> What you need to do: Give back all the records below, unaltered.

====

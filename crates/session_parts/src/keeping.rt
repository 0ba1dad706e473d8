// What a session keeps of the results that are born.
ghost use Rattle.std.specs.Prelude.{◌≡◌, ◌≤◌, ◌+◌, ◌*◌, ◌++◌, ◌∷◌, [], length, map, filter, IsOk, OnOk};
ghost use Rattle.trace_format.specs.declared.event.Name.{Name};
ghost use Rattle.object_model.specs.Keys.{key_payload};
ghost use Rattle.command_tables.specs.Table.{row_of};
ghost use Rattle.object_model.specs.History.{births_given};
ghost use Rattle.replay_model.specs.Past.{is_new, named_of, object_in, objects_of, retrieval, retrieved_by};
ghost use Rattle.session_tables.specs.Lined.{AreAdded, owners_made};
ghost use Rattle.session_tables.specs.Shown.{args_shown};
ghost use Rattle.session_parts.specs.Opened.{returning_shown};

use crate::bearing::effect_of;
use crate::results::key_of;
use crate::returning_call::ReturningCall;
use command_tables::Effect;
use object_model::Object;
use replay_model::{Born, Named};
use session_tables::{BirthTable, NamedTable, ObjectTable, RetrievedTable, owner};
use std::alloc::{AllocError, Global};

// Keeps the names that stand for objects.
fn keep_names(names: &mut NamedTable, made: &[Born]) -> Result<(), AllocError>
    ensures names { OnOk result ((q : Name) → object_in names.new.names q ≡ object_in (names.old.names ++ map named_of made.now) q) }
    ensures count { OnOk result (names.new.count ≡ names.old.count + length made.now) }
    ensures succeeds { length made.now ≤ names.old.spare → IsOk result }
    ensures spare { names.old.spare ≤ names.new.spare + length made.now }
{
    for b in made {
        names.push(Named {
            name: b.name,
            object: b.object,
        })?;
    }
    Ok(())
}

// Keeps the object of a result, if it is born by it.
fn keep_new(
    table: &mut RetrievedTable,
    births: &BirthTable,
    call: ReturningCall<'_>,
    owner: Option<Object>,
    born: Born,
) -> Result<(), AllocError>
    ensures kept { OnOk result (table.new.kept ≡ table.old.kept ++ map (retrieval (returning_shown call.entry) owner) (filter (is_new births.now.births) (born ∷ []))) }
    ensures succeeds { 1 ≤ table.old.spare → length (key_payload call.entry.cmd call.entry.payload.now) ≤ table.old.bytes → IsOk result }
    ensures spare { table.old.spare ≤ table.new.spare + 1 }
    ensures bytes { table.old.bytes ≤ table.new.bytes + length (key_payload call.entry.cmd call.entry.payload.now) }
{
    if births.is_born(born.object) {
        return Ok(());
    }
    table.push(owner, born.place, key_of(call), born.object)?;
    Ok(())
}

// Keeps those that are born by these results.
fn keep(
    table: &mut RetrievedTable,
    births: &BirthTable,
    call: ReturningCall<'_>,
    owner: Option<Object>,
    made: &[Born],
) -> Result<(), AllocError>
    ensures kept { OnOk result (table.new.kept ≡ table.old.kept ++ map (retrieval (returning_shown call.entry) owner) (filter (is_new births.now.births) made.now)) }
    ensures succeeds { length made.now ≤ table.old.spare → length made.now * length (key_payload call.entry.cmd call.entry.payload.now) ≤ table.old.bytes → IsOk result }
    ensures spare { table.old.spare ≤ table.new.spare + length made.now }
    ensures bytes { table.old.bytes ≤ table.new.bytes + length made.now * length (key_payload call.entry.cmd call.entry.payload.now) }
{
    for b in made {
        keep_new(table, births, call, owner, *b)?;
    }
    Ok(())
}

// Keeps the objects that a call retrieves first.
fn keep_retrieved(
    table: &mut RetrievedTable,
    births: &BirthTable,
    call: ReturningCall<'_>,
    made: &[Born],
) -> Result<(), AllocError>
    ensures kept { OnOk result (table.new.kept ≡ table.old.kept ++ retrieved_by births.now.births (returning_shown call.entry) made.now) }
    ensures succeeds { length made.now ≤ table.old.spare → length made.now * length (key_payload call.entry.cmd call.entry.payload.now) ≤ table.old.bytes → IsOk result }
    ensures spare { table.old.spare ≤ table.new.spare + length made.now }
    ensures bytes { table.old.bytes ≤ table.new.bytes + length made.now * length (key_payload call.entry.cmd call.entry.payload.now) }
{
    let effect = effect_of(call.cmd);
    match effect {
        Effect::Retrieve { .. } => {
            let owner = owner(births, call.args, effect);
            keep(table, births, call, owner, made)
        }
        _ => Ok(()),
    }
}

/// What a return adds to names, objects and retrieved objects.
pub(crate) fn settle(
    alloc: Global,
    call: ReturningCall<'_>,
    born: &[Born],
    names: &mut NamedTable,
    objects: &mut ObjectTable,
    retrieved: &mut RetrievedTable,
) -> Result<(), AllocError>
    ensures names { OnOk result ((q : Name) → object_in names.new.names q ≡ object_in (names.old.names ++ map named_of born.now) q) }
    ensures count { OnOk result (names.new.count ≡ names.old.count + length born.now) }
    ensures births { OnOk result (AreAdded objects.old.births (births_given objects.old.births (args_shown call.entry.args.now) (row_of call.entry.cmd).effect (objects_of born.now)) objects.new.births) }
    ensures retrieved { OnOk result (retrieved.new.kept ≡ retrieved.old.kept ++ retrieved_by objects.old.births (returning_shown call.entry) born.now) }
    ensures succeeds { length (owners_made objects.old.births (args_shown call.entry.args.now) (row_of call.entry.cmd).effect) ≤ 3 → 3 ≤ objects.old.owners → length born.now ≤ names.old.spare → length born.now ≤ objects.old.spare → 3 * length born.now ≤ objects.old.links →
        length born.now ≤ retrieved.old.spare → length born.now * length (key_payload call.entry.cmd call.entry.payload.now) ≤ retrieved.old.bytes → IsOk result }
    ensures names_room { names.old.spare ≤ names.new.spare + length born.now }
    ensures births_room { objects.old.spare ≤ objects.new.spare + length born.now }
    ensures links { length (owners_made objects.old.births (args_shown call.entry.args.now) (row_of call.entry.cmd).effect) ≤ 3 → objects.old.links ≤ objects.new.links + 3 * length born.now }
    ensures owners { objects.old.owners ≤ objects.new.owners }
    ensures retrieved_room { retrieved.old.spare ≤ retrieved.new.spare + length born.now }
    ensures bytes { retrieved.old.bytes ≤ retrieved.new.bytes + length born.now * length (key_payload call.entry.cmd call.entry.payload.now) }
{
    keep_names(names, born)?;
    keep_retrieved(retrieved, objects.births(), call, born)?;
    objects.bear(alloc, call.args, effect_of(call.cmd), born)?;
    Ok(())
}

====

> Finished exercise:
filename crates/session_parts/src/keeping.rt
repository 0ba1dad706e473d8
// What a session keeps of the results that are born.
ghost use Rattle.std.specs.Prelude.{◌≡◌, ◌≤◌, ◌+◌, ◌*◌, ◌++◌, ◌∷◌, [], length, map, filter, IsOk, OnOk};
ghost use Rattle.trace_format.specs.declared.event.Name.{Name};
ghost use Rattle.object_model.specs.Keys.{key_payload};
ghost use Rattle.command_tables.specs.Table.{row_of};
ghost use Rattle.object_model.specs.History.{births_given};
ghost use Rattle.replay_model.specs.Past.{is_new, named_of, object_in, objects_of, retrieval, retrieved_by};
ghost use Rattle.session_tables.specs.Lined.{AreAdded, owners_made};
ghost use Rattle.session_tables.specs.Shown.{args_shown};
ghost use Rattle.session_parts.specs.Opened.{returning_shown};

use crate::bearing::effect_of;
use crate::results::key_of;
use crate::returning_call::ReturningCall;
use command_tables::Effect;
use object_model::Object;
use replay_model::{Born, Named};
use session_tables::{BirthTable, NamedTable, ObjectTable, RetrievedTable, owner};
use std::alloc::{AllocError, Global};

// Keeps the names that stand for objects.
fn keep_names(names: &mut NamedTable, made: &[Born]) -> Result<(), AllocError>
    ensures names { OnOk result ((q : Name) → object_in names.new.names q ≡ object_in (names.old.names ++ map named_of made.now) q) }
    ensures count { OnOk result (names.new.count ≡ names.old.count + length made.now) }
    ensures succeeds { length made.now ≤ names.old.spare → IsOk result }
    ensures spare { names.old.spare ≤ names.new.spare + length made.now }
{
    for b in made {
        names.push(Named {
            name: b.name,
            object: b.object,
        })?;
    }
    Ok(())
}

// Keeps the object of a result, if it is born by it.
fn keep_new(
    table: &mut RetrievedTable,
    births: &BirthTable,
    call: ReturningCall<'_>,
    owner: Option<Object>,
    born: Born,
) -> Result<(), AllocError>
    ensures kept { OnOk result (table.new.kept ≡ table.old.kept ++ map (retrieval (returning_shown call.entry) owner) (filter (is_new births.now.births) (born ∷ []))) }
    ensures succeeds { 1 ≤ table.old.spare → length (key_payload call.entry.cmd call.entry.payload.now) ≤ table.old.bytes → IsOk result }
    ensures spare { table.old.spare ≤ table.new.spare + 1 }
    ensures bytes { table.old.bytes ≤ table.new.bytes + length (key_payload call.entry.cmd call.entry.payload.now) }
{
    if births.is_born(born.object) {
        return Ok(());
    }
    table.push(owner, born.place, key_of(call), born.object)?;
    Ok(())
}

// Keeps those that are born by these results.
fn keep(
    table: &mut RetrievedTable,
    births: &BirthTable,
    call: ReturningCall<'_>,
    owner: Option<Object>,
    made: &[Born],
) -> Result<(), AllocError>
    ensures kept { OnOk result (table.new.kept ≡ table.old.kept ++ map (retrieval (returning_shown call.entry) owner) (filter (is_new births.now.births) made.now)) }
    ensures succeeds { length made.now ≤ table.old.spare → length made.now * length (key_payload call.entry.cmd call.entry.payload.now) ≤ table.old.bytes → IsOk result }
    ensures spare { table.old.spare ≤ table.new.spare + length made.now }
    ensures bytes { table.old.bytes ≤ table.new.bytes + length made.now * length (key_payload call.entry.cmd call.entry.payload.now) }
{
    for b in made {
        keep_new(table, births, call, owner, *b)?;
    }
    Ok(())
}

// Keeps the objects that a call retrieves first.
fn keep_retrieved(
    table: &mut RetrievedTable,
    births: &BirthTable,
    call: ReturningCall<'_>,
    made: &[Born],
) -> Result<(), AllocError>
    ensures kept { OnOk result (table.new.kept ≡ table.old.kept ++ retrieved_by births.now.births (returning_shown call.entry) made.now) }
    ensures succeeds { length made.now ≤ table.old.spare → length made.now * length (key_payload call.entry.cmd call.entry.payload.now) ≤ table.old.bytes → IsOk result }
    ensures spare { table.old.spare ≤ table.new.spare + length made.now }
    ensures bytes { table.old.bytes ≤ table.new.bytes + length made.now * length (key_payload call.entry.cmd call.entry.payload.now) }
{
    let effect = effect_of(call.cmd);
    match effect {
        Effect::Retrieve { .. } => {
            let owner = owner(births, call.args, effect);
            keep(table, births, call, owner, made)
        }
        _ => Ok(()),
    }
}

/// What a return adds to names, objects and retrieved objects.
pub(crate) fn settle(
    alloc: Global,
    call: ReturningCall<'_>,
    born: &[Born],
    names: &mut NamedTable,
    objects: &mut ObjectTable,
    retrieved: &mut RetrievedTable,
) -> Result<(), AllocError>
    ensures names { OnOk result ((q : Name) → object_in names.new.names q ≡ object_in (names.old.names ++ map named_of born.now) q) }
    ensures count { OnOk result (names.new.count ≡ names.old.count + length born.now) }
    ensures births { OnOk result (AreAdded objects.old.births (births_given objects.old.births (args_shown call.entry.args.now) (row_of call.entry.cmd).effect (objects_of born.now)) objects.new.births) }
    ensures retrieved { OnOk result (retrieved.new.kept ≡ retrieved.old.kept ++ retrieved_by objects.old.births (returning_shown call.entry) born.now) }
    ensures succeeds { length (owners_made objects.old.births (args_shown call.entry.args.now) (row_of call.entry.cmd).effect) ≤ 3 → 3 ≤ objects.old.owners → length born.now ≤ names.old.spare → length born.now ≤ objects.old.spare → 3 * length born.now ≤ objects.old.links →
        length born.now ≤ retrieved.old.spare → length born.now * length (key_payload call.entry.cmd call.entry.payload.now) ≤ retrieved.old.bytes → IsOk result }
    ensures names_room { names.old.spare ≤ names.new.spare + length born.now }
    ensures births_room { objects.old.spare ≤ objects.new.spare + length born.now }
    ensures links { length (owners_made objects.old.births (args_shown call.entry.args.now) (row_of call.entry.cmd).effect) ≤ 3 → objects.old.links ≤ objects.new.links + 3 * length born.now }
    ensures owners { objects.old.owners ≤ objects.new.owners }
    ensures retrieved_room { retrieved.old.spare ≤ retrieved.new.spare + length born.now }
    ensures bytes { retrieved.old.bytes ≤ retrieved.new.bytes + length born.now * length (key_payload call.entry.cmd call.entry.payload.now) }
{
    keep_names(names, born)?;
    keep_retrieved(retrieved, objects.births(), call, born)?;
    objects.bear(alloc, call.args, effect_of(call.cmd), born)?;
    Ok(())
}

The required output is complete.